Collected data
--------------------

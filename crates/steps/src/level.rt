// The next values of a whole level: row by row, and in a row stretch by stretch. A pass puts them into out, or in place, into older itself;
// one that does not write only tests them. `WRITE` and `IN_PLACE` are const parameters: each pass is compiled by itself.
// `SoftGrid` stays a clause: a stiff plate has the other case.
ghost use Rattle.std.specs.Prelude.{◌≡◌, true, false, pos, length};
ghost use Rattle.scheme.specs.Refusals.{too_strong};
ghost use Rattle.steps.specs.Plan.{Ready, SoftGrid};
ghost use Rattle.steps.specs.Run.{Stepping, Placed, Moves};
ghost use Rattle.steps.specs.Pass.{Passable, Passing, Passed, RowRoom};

use crate::basis::Basis;
use crate::layout::Layout;
use crate::pieces::put_piece;
use crate::plates::plate_level;
use plans::Plan;
use stretches::{Stretch, piece_at};
use types::Hit;

impl Basis<'_> {
    // The moving points of a row. Inlined, so that no row copies the factors.
    #[inline(always)]
    fn row_stretches(self, row: Stretch, hit: Option<Hit>, out: &mut [i64]) -> Option<u64>
        requires ready { Placed row (length out.old) }
        requires moves { Moves self.plan.instrument.grid row.from row.to × (too_strong hit ≡ false) × SoftGrid self.plan.instrument }
        ensures { Stepping self.entry.plan.instrument hit row.write row.base self.entry.older.now self.entry.newer.now
            out.old out.new row.from row.to result }
    {
        let mut inexact = 0;
        let mut at = row.from;
        // by `while`: each stretch begins where the one before it ended
        while at < row.to {
            let s = row.stretch_at(hit, at);
            inexact += self.points_run(s, out)?;
            at = s.to;
        }
        Some(inexact)
    }
}

// The moving points of a row, piece by piece: in place each piece is put into older once it is worked out. Older is written between the
// pieces, so that each has a Basis of its own.
fn row_pass<const WRITE: bool, const IN_PLACE: bool>(
    plan: Plan,
    older: &mut [i64],
    newer: &[i64],
    from: usize,
    to: usize,
    hit: Option<Hit>,
    out: &mut [i64],
) -> Option<u64>
    requires ready { Ready plan (pos 0) older.old newer.now × RowRoom IN_PLACE to out.old }
    requires moves { Moves plan.instrument.grid from to × (too_strong hit ≡ false) × SoftGrid plan.instrument }
    ensures { Passing plan.instrument hit WRITE IN_PLACE older.old newer.now out.old
        older.new out.new from to result }
{
    if !WRITE && plan.m == 0 {
        let basis = Basis { plan, older, newer };
        return basis.is_row_within(from, to, hit).then_some(0);
    }
    let mut inexact = 0;
    let mut at = from;
    // by `while`: each piece begins where the one before it ended
    while at < to {
        let piece = piece_at(at, to, WRITE, IN_PLACE);
        let basis = Basis { plan, older, newer };
        let n = basis.row_stretches(piece, hit, out)?;
        put_piece::<IN_PLACE>(out, piece, older);
        inexact += n;
        at = piece.to;
    }
    Some(inexact)
}

// Every moving point, row by row. Off a line there is no stiffness.
fn level_run<const WRITE: bool, const IN_PLACE: bool>(
    layout: &Layout<'_>,
    older: &mut [i64],
    newer: &[i64],
    out: &mut [i64],
    hit: Option<Hit>,
) -> Option<u64>
    requires passable { Passable layout.now.plan hit IN_PLACE older.old newer.now out.old }
    requires soft { SoftGrid layout.now.plan.instrument }
    ensures { Passed layout.now.plan.instrument hit WRITE IN_PLACE older.old newer.now out.old
        older.new out.new result }
{
    let plan = layout.plan;
    let mut inexact = 0;
    for row in 0..plan.instrument.grid.rows {
        let from = layout.edges[row] as usize;
        let to = layout.edges[64 + row] as usize;
        inexact += row_pass::<WRITE, IN_PLACE>(plan, older, newer, from, to, hit, out)?;
    }
    Some(inexact)
}

// The next level, worked out beside the two, tested in place or written in place. Off a line only a plate is stiff.
pub(crate) fn next_level<const WRITE: bool, const IN_PLACE: bool>(
    layout: &Layout<'_>,
    older: &mut [i64],
    newer: &[i64],
    out: &mut [i64],
    hit: Option<Hit>,
) -> Option<u64>
    requires { Passable layout.now.plan hit IN_PLACE older.old newer.now out.old }
    ensures { Passed layout.now.plan.instrument hit WRITE IN_PLACE older.old newer.now out.old
        older.new out.new result }
{
    let plan = layout.plan;
    if plan.m != 0 && plan.instrument.grid.rows != 1 {
        if hit.is_none() {
            return plate_level::<WRITE, IN_PLACE, false>(plan, older, newer, out, hit);
        }
        return plate_level::<WRITE, IN_PLACE, true>(plan, older, newer, out, hit);
    }
    level_run::<WRITE, IN_PLACE>(layout, older, newer, out, hit)
}
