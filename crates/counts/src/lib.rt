// Counts that are summed up and held at the largest number.
#![tactic(auto)]

ghost use Rattle.std.specs.Prelude.{◌≡◌, ◌+◌};
ghost use Rattle.scheme.specs.Calls.{capped};

// The sum of two counts, held at 2⁶⁴ − 1, as the definition `capped` says. Ruled out: a sum that begins at 0 again; one held at 2⁶³ − 1.
#[tactic(auto, unfolding(scheme::specs::Calls::capped))]
pub fn capped_sum(a: u64, b: u64) -> u64
    ensures { result ≡ capped (a + b) }
{
    a.saturating_add(b)
}
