// The arithmetic of one point, in i64. `Planned` stays a clause: `make_plan` gives a Plan of zeros where 4 applies.
ghost use Rattle.std.specs.Prelude.{◌≡◌, not, ◌≤◌, pos, nat_abs, ◌-ℤ◌, ◌*ℤ◌};
ghost use Rattle.types.specs.Numbers.{ceiling};
ghost use Rattle.plans.specs.Plans.{count_of};
ghost use Rattle.scheme.specs.Instruments.{beyond};
ghost use Rattle.scheme.specs.Step.{round_away, sample_of, divisor};
ghost use Rattle.steps.specs.Plan.{bending_of, numerator_with, Planned, Bendable, Updatable};

use plans::{D, Plan};
use rounding::{raised, read_out};

// Whether a numerator is rounded to a value within the ceiling: no division is needed for it.
pub(crate) fn is_below_limit(plan: Plan, n: i64) -> bool
    requires { Planned plan }
    ensures { result ≡ not (beyond (round_away n (divisor plan.instrument.settings))) }
{
    raised(n, plan.half) < plan.limit
}

// The sample of a point.
pub(crate) fn sample(v: i64) -> i16
    requires { nat_abs v ≤ ceiling }
    ensures { result ≡ sample_of v }
{
    read_out(v) as i16
}

// The stiffness m·B at a point: B, L of L, from the sum of its neighbours' sums, the sum of its neighbours, its own value.
pub(crate) fn stiffness(plan: Plan, second: i64, sum: i64, u: i64) -> i64
    requires { Planned plan × Bendable plan second sum u }
    ensures { result ≡ plan.m *ℤ bending_of (pos (count_of plan.instrument.grid)) sum second u }
{
    plan.m * second - plan.bend * sum + plan.stiff * u
}

// The numerator at a point: from its last value u, the sum of its neighbours, its before-last value p, the force f, the stiffness m·B.
// The terms stand in the order of the string in document 003 (van Walstijn's slides), y' = a10·y + a11·(y₊ + y₋) + a20·y_before + aF·F,
// each times the divisor D + s; the stiffness follows the force. Six numbers, each of a term.
pub(crate) fn numerator(plan: Plan, u: i64, sum: i64, p: i64, f: i64, stiff: i64) -> i64
    requires { Planned plan × Updatable plan u sum p f stiff }
    ensures { result ≡ numerator_with plan.instrument.settings u (sum -ℤ pos (count_of plan.instrument.grid) *ℤ u) stiff p f }
{
    let own_last = plan.own * u; // a10·y
    let neighbours = plan.near * sum; // a11·(y₊ + y₋)
    let before_last = plan.kept * p; // −a20·y_before
    let force = D * f; // aF·F
    own_last + neighbours - before_last + force - stiff
}
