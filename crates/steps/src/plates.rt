// Plates with stiffness. The sum of each point's neighbours is worked out once, a row ahead, and kept from row to row.
ghost use Rattle.std.specs.Prelude.{nat_abs, ◌≡◌, true, false, cond, ◌+◌, ◌-◌, ◌≤◌, ◌<◌, pos, length};
ghost use Rattle.types.specs.Numbers.{ceiling};
ghost use Rattle.scheme.specs.Lists.{point};
ghost use Rattle.types.specs.declared.Kind.TheVariants.{Plate};
ghost use Rattle.scheme.specs.Instruments.{kind};
ghost use Rattle.scheme.specs.Refusals.{too_strong};
ghost use Rattle.steps.specs.Plan.{AtMost};
ghost use Rattle.steps.specs.Run.{all_within, Filled, Advanced, Stepping, Placed, four_beside};
ghost use Rattle.steps.specs.Pass.{Passable, Passed};
ghost use Rattle.steps.specs.Plates.{TwoRows, InRow, Readable, second_at, moving_in};

use crate::arithmetic::stiffness;
use crate::basis::Basis;
use crate::neighbours::sum_around;
use crate::pieces::put_piece;
use plans::Plan;
use stretches::{Stretch, is_hit_in};
use types::Hit;

// Where the sums of two rows stand: of column c of the row that begins at point `start` at place here + c; at other + c that of the row
// above it until column c is done, then that of the row below it. `last` tells that the row below is the ring's, whose sums count as 0:
// a flag, since that row has its place either way.
// Both rows lie in one array and are exchanged by their places, so that no sum is moved.
#[derive(Clone, Copy)]
pub(crate) struct SumRows {
    pub(crate) start: usize,
    pub(crate) here: usize,
    pub(crate) other: usize,
    pub(crate) last: bool,
}

// The sums of the first row that is not the ring's, between its ends.
fn put_first(xs: &[i64], columns: usize, place: usize, sums: &mut [i64])
    requires le_columns { (3 ≤ columns) × (columns + columns + columns ≤ length xs.now) × (place + columns ≤ length sums.old) }
    requires at_most { AtMost ceiling (point xs.now) }
    ensures { Filled (λ j. four_beside xs.now columns (columns + (j - place))) true 0 sums.old
        sums.new (place + 1) (place + (columns - 1)) }
{
    let last = columns - 1;
    for c in 1..last {
        sums[place + c] = sum_around(xs, columns + c, columns);
    }
}

// The sum of the neighbours of the point below point `at`, 0 on the ring.
fn sum_below(xs: &[i64], at: usize, columns: usize, last: bool) -> i64
    requires { (1 ≤ columns) × AtMost ceiling (point xs.now) × (last ≡ false → at + columns + columns < length xs.now) }
    ensures { result ≡ cond last (pos 0) (four_beside xs.now columns (at + columns)) }
{
    if last {
        return 0;
    }
    sum_around(xs, at + columns, columns)
}

// The sum of the sums around column c: that of the point below it is given.
fn second_at(sums: &[i64], rows: SumRows, c: usize, below: i64) -> i64
    requires { Readable sums.now rows c below }
    ensures { result ≡ second_at sums.now rows c below }
{
    let here = rows.here + c;
    let above = rows.other + c;
    sums[here - 1] + sums[here + 1] + sums[above] + below
}

impl Basis<'_> {
    // A point of a row. Once it is done, the sum below it stands for the one above it. Rows and sums stay two parameters: the places of a
    // row are made for that row and only read, the sums are written on from row to row.
    fn plate_point(
        self,
        rows: SumRows,
        at: usize,
        s: Stretch,
        sums: &mut [i64],
        out: &mut [i64],
    ) -> Option<u64>
        requires ready { (nat_abs s.force ≤ ceiling) × Placed s (length out.old) × (s.from ≤ at) × (at < s.to) }
        requires two_rows { TwoRows self.plan.instrument.grid self.newer.now sums.old rows at
            × InRow self.plan.instrument.grid rows s.from s.to }
        ensures { Advanced self.entry.plan s self.entry.older.now self.entry.newer.now out.old out.new at (at + 1) result
            × TwoRows self.entry.plan.instrument.grid self.entry.newer.now sums.new rows (at + 1) }
    {
        let c = at - rows.start;
        let below = sum_below(self.newer, at, self.plan.instrument.grid.columns, rows.last);
        let second = second_at(sums, rows, c, below);
        let sum = sums[rows.here + c];
        sums[rows.other + c] = below;
        let stiff = stiffness(self.plan, second, sum, self.newer[at]);
        self.next_point(at, sum, stiff, s, out)
    }

    // Points of a row, one force on all of them: no `soft_run`, since the sums are written on as it goes. Inlined, so that the factors of
    // the step stay in registers.
    #[inline(always)]
    fn plate_run(self, rows: SumRows, s: Stretch, sums: &mut [i64], out: &mut [i64]) -> Option<u64>
        requires ready { (nat_abs s.force ≤ ceiling) × Placed s (length out.old) }
        requires two_rows { TwoRows self.plan.instrument.grid self.newer.now sums.old rows s.from
            × InRow self.plan.instrument.grid rows s.from s.to }
        ensures { Advanced self.entry.plan s self.entry.older.now self.entry.newer.now out.old out.new s.from s.to result
            × (all_within result ≡ true → TwoRows self.entry.plan.instrument.grid self.entry.newer.now sums.new rows s.to) }
    {
        let mut inexact = 0;
        for at in s.from..s.to {
            inexact += self.plate_point(rows, at, s, sums, out)?;
        }
        Some(inexact)
    }

    // The moving points of a row that the hit is among, point by point.
    fn struck_row(
        self,
        rows: SumRows,
        row: Stretch,
        hit: Option<Hit>,
        sums: &mut [i64],
        out: &mut [i64],
    ) -> Option<u64>
        requires ready { Placed row (length out.old) × (too_strong hit ≡ false) }
        requires two_rows { TwoRows self.plan.instrument.grid self.newer.now sums.old rows row.from
            × InRow self.plan.instrument.grid rows row.from row.to }
        ensures { Stepping self.entry.plan.instrument hit row.write row.base self.entry.older.now self.entry.newer.now
            out.old out.new row.from row.to result
            × (all_within result ≡ true → TwoRows self.entry.plan.instrument.grid self.entry.newer.now sums.new rows row.to) }
    {
        let mut inexact = 0;
        for at in row.from..row.to {
            let s = row.stretch_at(hit, at);
            inexact += self.plate_point(rows, at, s, sums, out)?;
        }
        Some(inexact)
    }

    // The moving points of a row, where the hit is not among them by one of two loops, each with `write` a constant. A step without a hit
    // doesn't ask for it. Inlined, so that no row copies the factors.
    #[inline(always)]
    fn plate_row<const STRUCK: bool>(
        self,
        rows: SumRows,
        row: Stretch,
        hit: Option<Hit>,
        sums: &mut [i64],
        out: &mut [i64],
    ) -> Option<u64>
        requires ready { Placed row (length out.old) × (too_strong hit ≡ false) }
        requires force_value { row.force ≡ pos 0 }
        requires unstruck { STRUCK ≡ false → hit ≡ None }
        requires two_rows { TwoRows self.plan.instrument.grid self.newer.now sums.old rows row.from
            × InRow self.plan.instrument.grid rows row.from row.to }
        ensures { Stepping self.entry.plan.instrument hit row.write row.base self.entry.older.now self.entry.newer.now
            out.old out.new row.from row.to result
            × (all_within result ≡ true → TwoRows self.entry.plan.instrument.grid self.entry.newer.now sums.new rows row.to) }
    {
        if STRUCK && is_hit_in(hit, row.from, row.to) {
            return self.struck_row(rows, row, hit, sums, out);
        }
        if row.write {
            return self.plate_run(rows, row.as_written(true), sums, out);
        }
        self.plate_run(rows, row.as_written(false), sums, out)
    }
}

// The moving points of the row that begins at point `start`: all but its ends. Not by `piece_at`, which cuts a line: a row is one piece.
fn moving_in<const WRITE: bool, const IN_PLACE: bool>(start: usize, columns: usize) -> Stretch
    requires { (3 ≤ columns) × (start + columns ≤ 4096) }
    ensures { result ≡ moving_in start columns WRITE IN_PLACE }
{
    let from = start + 1;
    let base = if IN_PLACE { from } else { 0 };
    Stretch {
        from,
        to: start + (columns - 1),
        force: 0,
        base,
        write: WRITE,
    }
}

// Every moving point of a plate. After a row the two places of the sums are exchanged.
pub(crate) fn plate_level<const WRITE: bool, const IN_PLACE: bool, const STRUCK: bool>(
    plan: Plan,
    older: &mut [i64],
    newer: &[i64],
    out: &mut [i64],
    hit: Option<Hit>,
) -> Option<u64>
    requires passable { Passable plan hit IN_PLACE older.old newer.now out.old × (kind plan.instrument.grid ≡ Plate) }
    requires unstruck { STRUCK ≡ false → hit ≡ None }
    ensures { Passed plan.instrument hit WRITE IN_PLACE older.old newer.now out.old
        older.new out.new result }
{
    let columns = plan.instrument.grid.columns;
    let ring = plan.instrument.grid.rows - 1;
    let mut sums = [0i64; 128];
    put_first(newer, columns, 64, &mut sums);
    let mut inexact = 0;
    let mut other = 0;
    let mut here = 64;
    let mut start = columns;
    for row in 1..ring {
        let rows = SumRows {
            start,
            here,
            other,
            last: row + 1 == ring,
        };
        let moving = moving_in::<WRITE, IN_PLACE>(start, columns);
        let basis = Basis { plan, older, newer };
        let n = basis.plate_row::<STRUCK>(rows, moving, hit, &mut sums, out)?;
        put_piece::<IN_PLACE>(out, moving, older);
        inexact += n;
        (here, other) = (other, here);
        start += columns;
    }
    Some(inexact)
}
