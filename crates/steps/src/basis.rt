// What the next values are made of.
ghost use Rattle.std.specs.Prelude.{pos};
ghost use Rattle.steps.specs.Plan.{Ready};

use plans::Plan;

// The factors of a step, and the two last levels.
#[derive(Clone, Copy)]
pub(crate) struct Basis<'a> {
    pub(crate) plan: Plan,
    pub(crate) older: &'a [i64],
    pub(crate) newer: &'a [i64],
    ghost ready: { Ready plan (pos 0) older.now newer.now },
}
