// Whether the next values of points without stiffness lie within the ceiling: nothing is divided, and nothing written. So its loops carry
// no count and no slice to write, which those of points.rt have.
ghost use Rattle.std.specs.Prelude.{◌≡◌, false, not, ◌≤◌, ◌<◌, pos};
ghost use Rattle.scheme.specs.Instruments.{beyond};
ghost use Rattle.scheme.specs.Step.{next_at};
ghost use Rattle.scheme.specs.Refusals.{too_strong};
ghost use Rattle.steps.specs.Plan.{Neighbouring};
ghost use Rattle.steps.specs.Run.{next_of, Tested, Moves, Sums, FreeEnd};

use crate::arithmetic::is_below_limit;
use crate::basis::Basis;
use crate::neighbours::{sum_around, sum_beside};
use stretches::{clamped, force_at};
use types::Hit;

impl Basis<'_> {
    // One point: sum is that of its neighbours. That the hit is weak enough stays a clause: `force_at` takes any hit.
    fn is_point_within(self, at: usize, sum: i64, hit: Option<Hit>) -> bool
        requires { (too_strong hit ≡ false)
            × Neighbouring self.plan.instrument self.newer.now at sum (pos 0) }
        ensures { result ≡ not (beyond (next_at self.entry.plan.instrument hit self.entry.older.now self.entry.newer.now at)) }
    {
        let force = force_at(hit, at);
        is_below_limit(self.plan, self.numerator_at(at, sum, 0, force))
    }

    // Moving points, none of them stiff: `sum` gives the sum of a point's neighbours.
    fn is_run_within<F: Fn(usize) -> i64 + Drop>(
        self,
        sum: F,
        from: usize,
        to: usize,
        hit: Option<Hit>,
    ) -> bool
        requires ready { (too_strong hit ≡ false) × (from ≤ to) }
        requires sums { Sums self.plan.instrument self.newer.now (F.pre sum) (F.post sum) from to }
        ensures { Tested (next_of self.entry.plan.instrument hit self.entry.older.now self.entry.newer.now) from to result }
    {
        for at in from..to {
            if !self.is_point_within(at, sum(at), hit) {
                return false;
            }
        }
        true
    }

    // The points from..to: one end of a line, if it is free, or none.
    fn is_end_within(self, near: usize, from: usize, to: usize, hit: Option<Hit>) -> bool
        requires ready { (too_strong hit ≡ false) × (from ≤ to) }
        requires free_end { FreeEnd self.plan.instrument near from to }
        ensures { Tested (next_of self.entry.plan.instrument hit self.entry.older.now self.entry.newer.now) from to result }
    {
        if from == to {
            return true;
        }
        let x = self.newer[near];
        self.is_point_within(from, x + x, hit)
    }

    // Moving points of a string: its first, if it is one of them, the inner ones, its last.
    fn is_string_within(self, from: usize, to: usize, hit: Option<Hit>) -> bool
        requires ready { (too_strong hit ≡ false) × (self.plan.instrument.settings.m ≡ 0) }
        requires one_row { (self.plan.instrument.grid.rows ≡ 1) × Moves self.plan.instrument.grid from to × (from < to) }
        ensures { Tested (next_of self.entry.plan.instrument hit self.entry.older.now self.entry.newer.now) from to result }
    {
        let newer = self.newer;
        let n = newer.len();
        let first = clamped(from, to, 1);
        let last = clamped(from, to, n - 1);
        if !self.is_end_within(1, from, first, hit) {
            return false;
        }
        if !self.is_run_within(|at| sum_beside(newer, at), first, last, hit) {
            return false;
        }
        self.is_end_within(n - 2, last, to, hit)
    }

    // Moving points of a row.
    pub(crate) fn is_row_within(self, from: usize, to: usize, hit: Option<Hit>) -> bool
        requires ready { (too_strong hit ≡ false) × (self.plan.instrument.settings.m ≡ 0) }
        requires moves { Moves self.plan.instrument.grid from to }
        ensures { Tested (next_of self.entry.plan.instrument hit self.entry.older.now self.entry.newer.now) from to result }
    {
        if self.plan.instrument.grid.rows != 1 {
            let newer = self.newer;
            let columns = self.plan.instrument.grid.columns;
            return self.is_run_within(|at| sum_around(newer, at, columns), from, to, hit);
        }
        if from == to {
            return true;
        }
        self.is_string_within(from, to, hit)
    }
}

--------------------

#### [ABOUT THIS EXERCISE]
In the entries above, restate word for word the lines between the one holding "let force = D * f; // aF·F" and the one holding "columns) × (columns", inclusive, and nothing besides.

#### [ANSWER TO THIS TASK]
    let force = D * f; // aF·F
    own_last + neighbours - before_last + force - stiff
}
filename crates/steps/src/plates.rt
// Plates with stiffness. The sum of each point's neighbours is worked out once, a row ahead, and kept from row to row.
ghost use Rattle.std.specs.Prelude.{nat_abs, ◌≡◌, true, false, cond, ◌+◌, ◌-◌, ◌≤◌, ◌<◌, pos, length};
ghost use Rattle.types.specs.Numbers.{ceiling};
ghost use Rattle.scheme.specs.Lists.{point};
ghost use Rattle.types.specs.declared.Kind.TheVariants.{Plate};
ghost use Rattle.scheme.specs.Instruments.{kind};
ghost use Rattle.scheme.specs.Refusals.{too_strong};
ghost use Rattle.steps.specs.Plan.{AtMost};
ghost use Rattle.steps.specs.Run.{all_within, Filled, Advanced, Stepping, Placed, four_beside};
ghost use Rattle.steps.specs.Pass.{Passable, Passed};
ghost use Rattle.steps.specs.Plates.{TwoRows, InRow, Readable, second_at, moving_in};

use crate::arithmetic::stiffness;
use crate::basis::Basis;
use crate::neighbours::sum_around;
use crate::pieces::put_piece;
use plans::Plan;
use stretches::{Stretch, is_hit_in};
use types::Hit;

// Where the sums of two rows stand: of column c of the row that begins at point `start` at place here + c; at other + c that of the row
// above it until column c is done, then that of the row below it. `last` tells that the row below is the ring's, whose sums count as 0:
// a flag, since that row has its place either way.
// Both rows lie in one array and are exchanged by their places, so that no sum is moved.
#[derive(Clone, Copy)]
pub(crate) struct SumRows {
    pub(crate) start: usize,
    pub(crate) here: usize,
    pub(crate) other: usize,
    pub(crate) last: bool,
}

// The sums of the first row that is not the ring's, between its ends.
fn put_first(xs: &[i64], columns: usize, place: usize, sums: &mut [i64])
    requires le_columns { (3 ≤ columns) × (columns + columns + columns ≤ length xs.now) × (place + columns ≤ length sums.old) }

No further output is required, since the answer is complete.